Study material>
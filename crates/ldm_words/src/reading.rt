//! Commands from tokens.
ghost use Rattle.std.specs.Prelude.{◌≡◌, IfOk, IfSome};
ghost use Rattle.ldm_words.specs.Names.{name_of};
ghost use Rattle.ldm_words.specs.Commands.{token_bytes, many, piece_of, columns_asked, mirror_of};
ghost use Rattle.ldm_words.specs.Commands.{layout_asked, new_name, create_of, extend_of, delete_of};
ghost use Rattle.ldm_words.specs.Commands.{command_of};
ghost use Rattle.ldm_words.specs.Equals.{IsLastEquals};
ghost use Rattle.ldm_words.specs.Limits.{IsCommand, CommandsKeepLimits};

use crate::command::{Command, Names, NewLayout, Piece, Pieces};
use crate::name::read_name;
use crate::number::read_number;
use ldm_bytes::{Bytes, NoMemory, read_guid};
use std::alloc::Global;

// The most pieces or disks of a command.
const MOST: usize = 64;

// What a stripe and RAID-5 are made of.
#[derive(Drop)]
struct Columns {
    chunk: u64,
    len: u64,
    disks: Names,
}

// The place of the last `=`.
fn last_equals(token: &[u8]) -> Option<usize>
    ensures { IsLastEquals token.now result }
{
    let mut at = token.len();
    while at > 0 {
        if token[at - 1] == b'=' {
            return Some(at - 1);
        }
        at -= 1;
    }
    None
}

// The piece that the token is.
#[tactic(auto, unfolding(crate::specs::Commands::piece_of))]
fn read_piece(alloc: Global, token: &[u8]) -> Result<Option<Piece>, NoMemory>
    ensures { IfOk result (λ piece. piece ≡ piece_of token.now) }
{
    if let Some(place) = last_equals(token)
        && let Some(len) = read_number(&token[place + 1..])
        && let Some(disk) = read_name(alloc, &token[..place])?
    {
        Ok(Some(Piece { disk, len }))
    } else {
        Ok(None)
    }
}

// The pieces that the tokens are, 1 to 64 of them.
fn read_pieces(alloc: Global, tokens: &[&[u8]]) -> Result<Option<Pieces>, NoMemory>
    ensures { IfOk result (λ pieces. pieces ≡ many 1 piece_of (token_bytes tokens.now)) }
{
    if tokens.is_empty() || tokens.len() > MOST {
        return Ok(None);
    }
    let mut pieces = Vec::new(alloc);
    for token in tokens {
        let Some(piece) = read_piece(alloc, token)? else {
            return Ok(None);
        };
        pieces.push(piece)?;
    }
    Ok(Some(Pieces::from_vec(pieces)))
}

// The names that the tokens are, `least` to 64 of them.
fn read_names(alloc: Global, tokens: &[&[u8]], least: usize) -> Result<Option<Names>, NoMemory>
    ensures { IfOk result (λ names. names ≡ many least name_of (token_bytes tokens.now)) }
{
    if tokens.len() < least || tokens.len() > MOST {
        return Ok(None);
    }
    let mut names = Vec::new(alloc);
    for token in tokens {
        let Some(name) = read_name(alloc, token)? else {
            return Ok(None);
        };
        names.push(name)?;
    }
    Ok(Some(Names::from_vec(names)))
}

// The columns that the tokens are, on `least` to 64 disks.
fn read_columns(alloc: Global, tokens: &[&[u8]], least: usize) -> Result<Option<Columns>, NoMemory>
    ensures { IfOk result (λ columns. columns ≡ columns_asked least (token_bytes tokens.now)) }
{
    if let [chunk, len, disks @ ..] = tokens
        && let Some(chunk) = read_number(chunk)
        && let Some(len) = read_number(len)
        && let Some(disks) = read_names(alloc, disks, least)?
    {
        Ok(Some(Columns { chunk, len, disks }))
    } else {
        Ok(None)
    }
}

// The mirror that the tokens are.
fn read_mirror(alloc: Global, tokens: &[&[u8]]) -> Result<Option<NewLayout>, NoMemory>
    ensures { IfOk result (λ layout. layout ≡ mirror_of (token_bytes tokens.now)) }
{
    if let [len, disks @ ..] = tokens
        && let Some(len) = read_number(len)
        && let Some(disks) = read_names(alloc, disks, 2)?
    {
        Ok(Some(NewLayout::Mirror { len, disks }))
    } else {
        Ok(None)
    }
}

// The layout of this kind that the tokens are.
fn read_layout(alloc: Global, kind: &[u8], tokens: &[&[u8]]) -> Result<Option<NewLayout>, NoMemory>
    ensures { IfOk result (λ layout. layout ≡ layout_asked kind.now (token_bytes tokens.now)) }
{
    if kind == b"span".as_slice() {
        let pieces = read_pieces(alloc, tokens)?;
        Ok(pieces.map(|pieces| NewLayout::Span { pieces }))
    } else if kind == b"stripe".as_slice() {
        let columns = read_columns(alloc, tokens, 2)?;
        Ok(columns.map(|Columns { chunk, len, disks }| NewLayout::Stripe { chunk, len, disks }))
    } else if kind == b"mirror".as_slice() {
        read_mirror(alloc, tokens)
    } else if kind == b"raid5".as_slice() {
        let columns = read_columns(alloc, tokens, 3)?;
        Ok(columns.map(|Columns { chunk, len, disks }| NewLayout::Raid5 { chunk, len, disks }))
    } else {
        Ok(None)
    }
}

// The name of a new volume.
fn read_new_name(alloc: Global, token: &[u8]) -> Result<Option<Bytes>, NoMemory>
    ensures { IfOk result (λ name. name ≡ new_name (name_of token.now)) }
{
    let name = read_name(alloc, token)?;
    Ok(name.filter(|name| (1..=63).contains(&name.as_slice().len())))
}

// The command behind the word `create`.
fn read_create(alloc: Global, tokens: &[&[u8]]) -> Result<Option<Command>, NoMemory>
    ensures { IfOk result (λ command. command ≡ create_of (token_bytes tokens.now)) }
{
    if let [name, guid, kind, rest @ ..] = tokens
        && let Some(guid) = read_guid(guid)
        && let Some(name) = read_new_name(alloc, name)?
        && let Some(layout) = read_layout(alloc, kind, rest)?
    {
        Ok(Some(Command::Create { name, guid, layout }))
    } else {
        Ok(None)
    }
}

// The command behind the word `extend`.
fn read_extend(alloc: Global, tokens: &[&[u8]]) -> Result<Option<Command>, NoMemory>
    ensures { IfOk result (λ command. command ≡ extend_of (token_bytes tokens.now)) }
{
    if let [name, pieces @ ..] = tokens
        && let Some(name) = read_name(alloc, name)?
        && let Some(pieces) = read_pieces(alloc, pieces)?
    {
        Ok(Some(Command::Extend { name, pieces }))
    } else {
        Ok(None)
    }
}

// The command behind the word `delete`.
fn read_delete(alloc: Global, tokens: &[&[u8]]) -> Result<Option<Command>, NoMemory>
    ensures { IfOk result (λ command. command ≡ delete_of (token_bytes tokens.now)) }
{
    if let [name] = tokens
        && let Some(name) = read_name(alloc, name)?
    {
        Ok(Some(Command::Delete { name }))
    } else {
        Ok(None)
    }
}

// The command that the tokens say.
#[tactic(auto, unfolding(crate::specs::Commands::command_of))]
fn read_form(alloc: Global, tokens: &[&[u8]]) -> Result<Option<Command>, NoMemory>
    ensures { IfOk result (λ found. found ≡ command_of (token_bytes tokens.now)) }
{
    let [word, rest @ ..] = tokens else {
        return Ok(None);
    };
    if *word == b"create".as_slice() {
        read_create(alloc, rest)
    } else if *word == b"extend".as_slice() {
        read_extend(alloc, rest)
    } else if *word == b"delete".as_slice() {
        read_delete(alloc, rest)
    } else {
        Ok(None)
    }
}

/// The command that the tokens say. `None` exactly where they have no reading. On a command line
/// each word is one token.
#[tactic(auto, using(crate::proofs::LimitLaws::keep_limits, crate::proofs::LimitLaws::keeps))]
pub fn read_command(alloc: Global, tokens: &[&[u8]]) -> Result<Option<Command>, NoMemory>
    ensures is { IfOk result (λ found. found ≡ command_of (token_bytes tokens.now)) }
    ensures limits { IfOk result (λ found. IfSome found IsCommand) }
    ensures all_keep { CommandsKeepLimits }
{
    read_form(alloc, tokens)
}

Required action> Each entry above needs to be retyped exactly as it appears.

Reply to the exercise>
filename crates/ldm_words/src/reading.rt
//! Commands from tokens.
ghost use Rattle.std.specs.Prelude.{◌≡◌, IfOk, IfSome};
ghost use Rattle.ldm_words.specs.Names.{name_of};
ghost use Rattle.ldm_words.specs.Commands.{token_bytes, many, piece_of, columns_asked, mirror_of};
ghost use Rattle.ldm_words.specs.Commands.{layout_asked, new_name, create_of, extend_of, delete_of};
ghost use Rattle.ldm_words.specs.Commands.{command_of};
ghost use Rattle.ldm_words.specs.Equals.{IsLastEquals};
ghost use Rattle.ldm_words.specs.Limits.{IsCommand, CommandsKeepLimits};

use crate::command::{Command, Names, NewLayout, Piece, Pieces};
use crate::name::read_name;
use crate::number::read_number;
use ldm_bytes::{Bytes, NoMemory, read_guid};
use std::alloc::Global;

// The most pieces or disks of a command.
const MOST: usize = 64;

// What a stripe and RAID-5 are made of.
#[derive(Drop)]
struct Columns {
    chunk: u64,
    len: u64,
    disks: Names,
}

// The place of the last `=`.
fn last_equals(token: &[u8]) -> Option<usize>
    ensures { IsLastEquals token.now result }
{
    let mut at = token.len();
    while at > 0 {
        if token[at - 1] == b'=' {
            return Some(at - 1);
        }
        at -= 1;
    }
    None
}

// The piece that the token is.
#[tactic(auto, unfolding(crate::specs::Commands::piece_of))]
fn read_piece(alloc: Global, token: &[u8]) -> Result<Option<Piece>, NoMemory>
    ensures { IfOk result (λ piece. piece ≡ piece_of token.now) }
{
    if let Some(place) = last_equals(token)
        && let Some(len) = read_number(&token[place + 1..])
        && let Some(disk) = read_name(alloc, &token[..place])?
    {
        Ok(Some(Piece { disk, len }))
    } else {
        Ok(None)
    }
}

// The pieces that the tokens are, 1 to 64 of them.
fn read_pieces(alloc: Global, tokens: &[&[u8]]) -> Result<Option<Pieces>, NoMemory>
    ensures { IfOk result (λ pieces. pieces ≡ many 1 piece_of (token_bytes tokens.now)) }
{
    if tokens.is_empty() || tokens.len() > MOST {
        return Ok(None);
    }
    let mut pieces = Vec::new(alloc);
    for token in tokens {
        let Some(piece) = read_piece(alloc, token)? else {
            return Ok(None);
        };
        pieces.push(piece)?;
    }
    Ok(Some(Pieces::from_vec(pieces)))
}

// The names that the tokens are, `least` to 64 of them.
fn read_names(alloc: Global, tokens: &[&[u8]], least: usize) -> Result<Option<Names>, NoMemory>
    ensures { IfOk result (λ names. names ≡ many least name_of (token_bytes tokens.now)) }
{
    if tokens.len() < least || tokens.len() > MOST {
        return Ok(None);
    }
    let mut names = Vec::new(alloc);
    for token in tokens {
        let Some(name) = read_name(alloc, token)? else {
            return Ok(None);
        };
        names.push(name)?;
    }
    Ok(Some(Names::from_vec(names)))
}

// The columns that the tokens are, on `least` to 64 disks.
fn read_columns(alloc: Global, tokens: &[&[u8]], least: usize) -> Result<Option<Columns>, NoMemory>
    ensures { IfOk result (λ columns. columns ≡ columns_asked least (token_bytes tokens.now)) }
{
    if let [chunk, len, disks @ ..] = tokens
        && let Some(chunk) = read_number(chunk)
        && let Some(len) = read_number(len)
        && let Some(disks) = read_names(alloc, disks, least)?
    {
        Ok(Some(Columns { chunk, len, disks }))
    } else {
        Ok(None)
    }
}

// The mirror that the tokens are.
fn read_mirror(alloc: Global, tokens: &[&[u8]]) -> Result<Option<NewLayout>, NoMemory>
    ensures { IfOk result (λ layout. layout ≡ mirror_of (token_bytes tokens.now)) }
{
    if let [len, disks @ ..] = tokens
        && let Some(len) = read_number(len)
        && let Some(disks) = read_names(alloc, disks, 2)?
    {
        Ok(Some(NewLayout::Mirror { len, disks }))
    } else {
        Ok(None)
    }
}

// The layout of this kind that the tokens are.
fn read_layout(alloc: Global, kind: &[u8], tokens: &[&[u8]]) -> Result<Option<NewLayout>, NoMemory>
    ensures { IfOk result (λ layout. layout ≡ layout_asked kind.now (token_bytes tokens.now)) }
{
    if kind == b"span".as_slice() {
        let pieces = read_pieces(alloc, tokens)?;
        Ok(pieces.map(|pieces| NewLayout::Span { pieces }))
    } else if kind == b"stripe".as_slice() {
        let columns = read_columns(alloc, tokens, 2)?;
        Ok(columns.map(|Columns { chunk, len, disks }| NewLayout::Stripe { chunk, len, disks }))
    } else if kind == b"mirror".as_slice() {
        read_mirror(alloc, tokens)
    } else if kind == b"raid5".as_slice() {
        let columns = read_columns(alloc, tokens, 3)?;
        Ok(columns.map(|Columns { chunk, len, disks }| NewLayout::Raid5 { chunk, len, disks }))
    } else {
        Ok(None)
    }
}

// The name of a new volume.
fn read_new_name(alloc: Global, token: &[u8]) -> Result<Option<Bytes>, NoMemory>
    ensures { IfOk result (λ name. name ≡ new_name (name_of token.now)) }
{
    let name = read_name(alloc, token)?;
    Ok(name.filter(|name| (1..=63).contains(&name.as_slice().len())))
}

// The command behind the word `create`.
fn read_create(alloc: Global, tokens: &[&[u8]]) -> Result<Option<Command>, NoMemory>
    ensures { IfOk result (λ command. command ≡ create_of (token_bytes tokens.now)) }
{
    if let [name, guid, kind, rest @ ..] = tokens
        && let Some(guid) = read_guid(guid)
        && let Some(name) = read_new_name(alloc, name)?
        && let Some(layout) = read_layout(alloc, kind, rest)?
    {
        Ok(Some(Command::Create { name, guid, layout }))
    } else {
        Ok(None)
    }
}

// The command behind the word `extend`.
fn read_extend(alloc: Global, tokens: &[&[u8]]) -> Result<Option<Command>, NoMemory>
    ensures { IfOk result (λ command. command ≡ extend_of (token_bytes tokens.now)) }
{
    if let [name, pieces @ ..] = tokens
        && let Some(name) = read_name(alloc, name)?
        && let Some(pieces) = read_pieces(alloc, pieces)?
    {
        Ok(Some(Command::Extend { name, pieces }))
    } else {
        Ok(None)
    }
}

// The command behind the word `delete`.
fn read_delete(alloc: Global, tokens: &[&[u8]]) -> Result<Option<Command>, NoMemory>
    ensures { IfOk result (λ command. command ≡ delete_of (token_bytes tokens.now)) }
{
    if let [name] = tokens
        && let Some(name) = read_name(alloc, name)?
    {
        Ok(Some(Command::Delete { name }))
    } else {
        Ok(None)
    }
}

// The command that the tokens say.
#[tactic(auto, unfolding(crate::specs::Commands::command_of))]
fn read_form(alloc: Global, tokens: &[&[u8]]) -> Result<Option<Command>, NoMemory>
    ensures { IfOk result (λ found. found ≡ command_of (token_bytes tokens.now)) }
{
    let [word, rest @ ..] = tokens else {
        return Ok(None);
    };
    if *word == b"create".as_slice() {
        read_create(alloc, rest)
    } else if *word == b"extend".as_slice() {
        read_extend(alloc, rest)
    } else if *word == b"delete".as_slice() {
        read_delete(alloc, rest)
    } else {
        Ok(None)
    }
}

/// The command that the tokens say. `None` exactly where they have no reading. On a command line
/// each word is one token.
#[tactic(auto, using(crate::proofs::LimitLaws::keep_limits, crate::proofs::LimitLaws::keeps))]
pub fn read_command(alloc: Global, tokens: &[&[u8]]) -> Result<Option<Command>, NoMemory>
    ensures is { IfOk result (λ found. found ≡ command_of (token_bytes tokens.now)) }
    ensures limits { IfOk result (λ found. IfSome found IsCommand) }
    ensures all_keep { CommandsKeepLimits }
{
    read_form(alloc, tokens)
}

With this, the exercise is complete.